QuickBuffers is a Java implementation of Google's Protocol Buffers that has been developed for low latency use cases in zero-allocation environments. It has no external dependencies, and the API follows Protobuf-Java where feasible to simplify migration.
The main highlights are
- Allocation-free in steady state. All parts of the API are mutable and reusable.
- No reflections. GraalVM native-images and R8/ProGuard obfuscation (config) are supported out of the box
- Faster encoding and decoding speed
- Smaller code size than protobuf-javalite
- Built-in JSON marshalling compliant with the proto3 mapping
- Improved order for optimized sequential memory access
- Optional accessors as an opt-in feature (java8)

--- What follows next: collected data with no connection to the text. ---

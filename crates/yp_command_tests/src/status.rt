//! The codes of statuses, and the notes that tell them.

ghost use Rattle.yp_board.specs.Catalogues.{name_view};
ghost use Rattle.yp_command.specs.inside.Words.{IsNamed};
ghost use Rattle.yp_command.specs.inside.office.Status.{IsTellable};

use crate::given::assert_same;
use std::alloc::Global;
use std::process::Abort;
use yp_board::MapName;
use yp_memory::MemSink;
use yp_messages::YpStat;
use yp_program::{Status, tell};
use yp_transfer::XfrFault;

/// Compares the code of a status, and the note that tells it.
fn try_note<R: Abort>(rt: &R, alloc: Global, status: Status, code: u8, note: &[u8])
    requires { IsTellable status }
{
    let mut notes = MemSink::new(alloc, 4096, Vec::new(alloc));
    tell(&mut notes, &status);
    assert_same(
        rt,
        &(status.code(), notes.taken()),
        &(code, note),
        "a code and its note",
    );
}

fn try_plain_notes<R: Abort>(rt: &R, alloc: Global) {
    try_note(rt, alloc, Status::Done, 0, b"");
    try_note(rt, alloc, Status::ReadFault, 3, b"yp: read fault\n");
    try_note(rt, alloc, Status::WriteFault, 4, b"yp: write fault\n");
    try_note(rt, alloc, Status::NoMemory, 7, b"yp: no memory\n");
}

fn try_later_notes<R: Abort>(rt: &R, alloc: Global) {
    try_note(rt, alloc, Status::OrderSpent, 18, b"yp: order spent\n");
    try_note(rt, alloc, Status::ListenFault, 21, b"yp: listen fault\n");
    try_note(rt, alloc, Status::InboxFault, 22, b"yp: inbox fault\n");
    try_note(rt, alloc, Status::Enough, 23, b"yp: enough calls\n");
}

fn try_numbers<R: Abort>(rt: &R, alloc: Global) {
    let status = Status::Usage { word: 12 };
    try_note(rt, alloc, status, 2, b"yp: usage at word 12\n");
    let note = b"yp: torn record at 18446744073709551615\n";
    try_note(rt, alloc, Status::Torn { at: u64::MAX }, 5, note);
    let status = Status::TooLong { at: 80 };
    try_note(rt, alloc, status, 6, b"yp: too long at 80\n");
    let status = Status::Rows {
        row: u32::MAX,
        rule: 3,
    };
    try_note(rt, alloc, status, 17, b"yp: row 4294967295 rule 3\n");
}

#[test]
fn codes_and_notes(rt: HostRuntime) {
    try_plain_notes(&rt, rt.alloc());
    try_later_notes(&rt, rt.alloc());
    try_numbers(&rt, rt.alloc());
}

fn try_plain_answers<R: Abort>(rt: &R, alloc: Global) {
    try_note(rt, alloc, Status::No, 1, b"");
    try_note(rt, alloc, Status::Denied, 12, b"yp: refused by rpc\n");
    try_note(rt, alloc, Status::DialFault, 15, b"yp: cannot dial\n");
}

#[test]
fn answers_in_notes(rt: HostRuntime) {
    let alloc = rt.alloc();
    try_plain_answers(&rt, alloc);
    let status = Status::Yp { stat: YpStat::Vers };
    try_note(&rt, alloc, status, 11, b"yp: server says -8\n");
    let status = Status::Yp {
        stat: YpStat::Nomore,
    };
    try_note(&rt, alloc, status, 11, b"yp: server says 2\n");
    let status = Status::BadReply { at: 47 };
    try_note(&rt, alloc, status, 13, b"yp: bad reply at 47\n");
    let status = Status::BadXid {
        want: u32::MAX,
        got: 0,
    };
    let note = b"yp: wrong xid 0 wanted 4294967295\n";
    try_note(&rt, alloc, status, 14, note);
}

/// Each fault of a transfer but want of memory, with the numbers of the push response program of yp.x.
static FAULTS: [(XfrFault, &[u8]); 13] = [
    (XfrFault::Maddr, b"yp: transfer -5\n"),
    (XfrFault::Rpc, b"yp: transfer -4\n"),
    (XfrFault::Nodom, b"yp: transfer -2\n"),
    (XfrFault::Nomap, b"yp: transfer -1\n"),
    (
        XfrFault::Yperr {
            stat: Some(YpStat::Yperr),
        },
        b"yp: transfer -6\n",
    ),
    (XfrFault::Yperr { stat: None }, b"yp: transfer -6\n"),
    (XfrFault::Xfrerr { at: u64::MAX }, b"yp: transfer -13\n"),
    (
        XfrFault::Age {
            shown: u32::MAX,
            offered: 0,
        },
        b"yp: transfer 2 4294967295 0\n",
    ),
    (
        XfrFault::Skew {
            first: 100,
            second: 101,
        },
        b"yp: transfer -10 100 101\n",
    ),
    (XfrFault::Dbm, b"yp: transfer -8\n"),
    (XfrFault::Badargs, b"yp: transfer -7\n"),
    (XfrFault::File, b"yp: transfer -9\n"),
    (XfrFault::Refused, b"yp: transfer -14\n"),
];

#[test]
fn transfers_in_notes(rt: HostRuntime) {
    for (fault, note) in &FAULTS {
        try_note(&rt, rt.alloc(), Status::Xfr { fault: *fault }, 16, *note);
    }
}

/// The map `hosts.byname` of the domain `lab`.
fn hosts<R: Abort>(rt: &R, alloc: Global) -> MapName
    ensures { IsNamed (name_view result) }
{
    let domain = Vec::from_slice(alloc, b"lab").expect(rt, "memory");
    let map = Vec::from_slice(alloc, b"hosts.byname").expect(rt, "memory");
    MapName { domain, map }
}

#[test]
fn names_in_notes(rt: HostRuntime) {
    let alloc = rt.alloc();
    let status = Status::Damaged {
        map: hosts(&rt, alloc),
        at: u64::MAX,
        rule: 9,
    };
    let note = b"yp: damaged lab/hosts.byname at 18446744073709551615 rule 9\n";
    try_note(&rt, alloc, status, 8, note);
    let map = hosts(&rt, alloc);
    let note = b"yp: no version of lab/hosts.byname\n";
    try_note(&rt, alloc, Status::NoVersion { map }, 9, note);
    let map = hosts(&rt, alloc);
    let note = b"yp: disk fault in lab/hosts.byname\n";
    try_note(&rt, alloc, Status::DiskFault { map }, 10, note);
    let master = Vec::from_slice(alloc, b"m\xff").expect(&rt, "memory");
    let note = b"yp: mastered by m\xff\n";
    try_note(&rt, alloc, Status::Refused { master }, 19, note);
    let map = hosts(&rt, alloc);
    let note = b"yp: generations spent in lab/hosts.byname\n";
    try_note(&rt, alloc, Status::GenerationsSpent { map }, 20, note);
}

QuickBuffers passes all proto2 conformance tests and is compatible with all Java versions from 6 through 20 as well as Android. Proto3 messages can be generated and are wire compatible, but so far the behavioral differences have not been explicitly added due to some proto3 design decisions that have kept us from using it. Current limitations include
- Services are not implemented
- Extensions are embedded directly into the extended message, so support is limited to generation time.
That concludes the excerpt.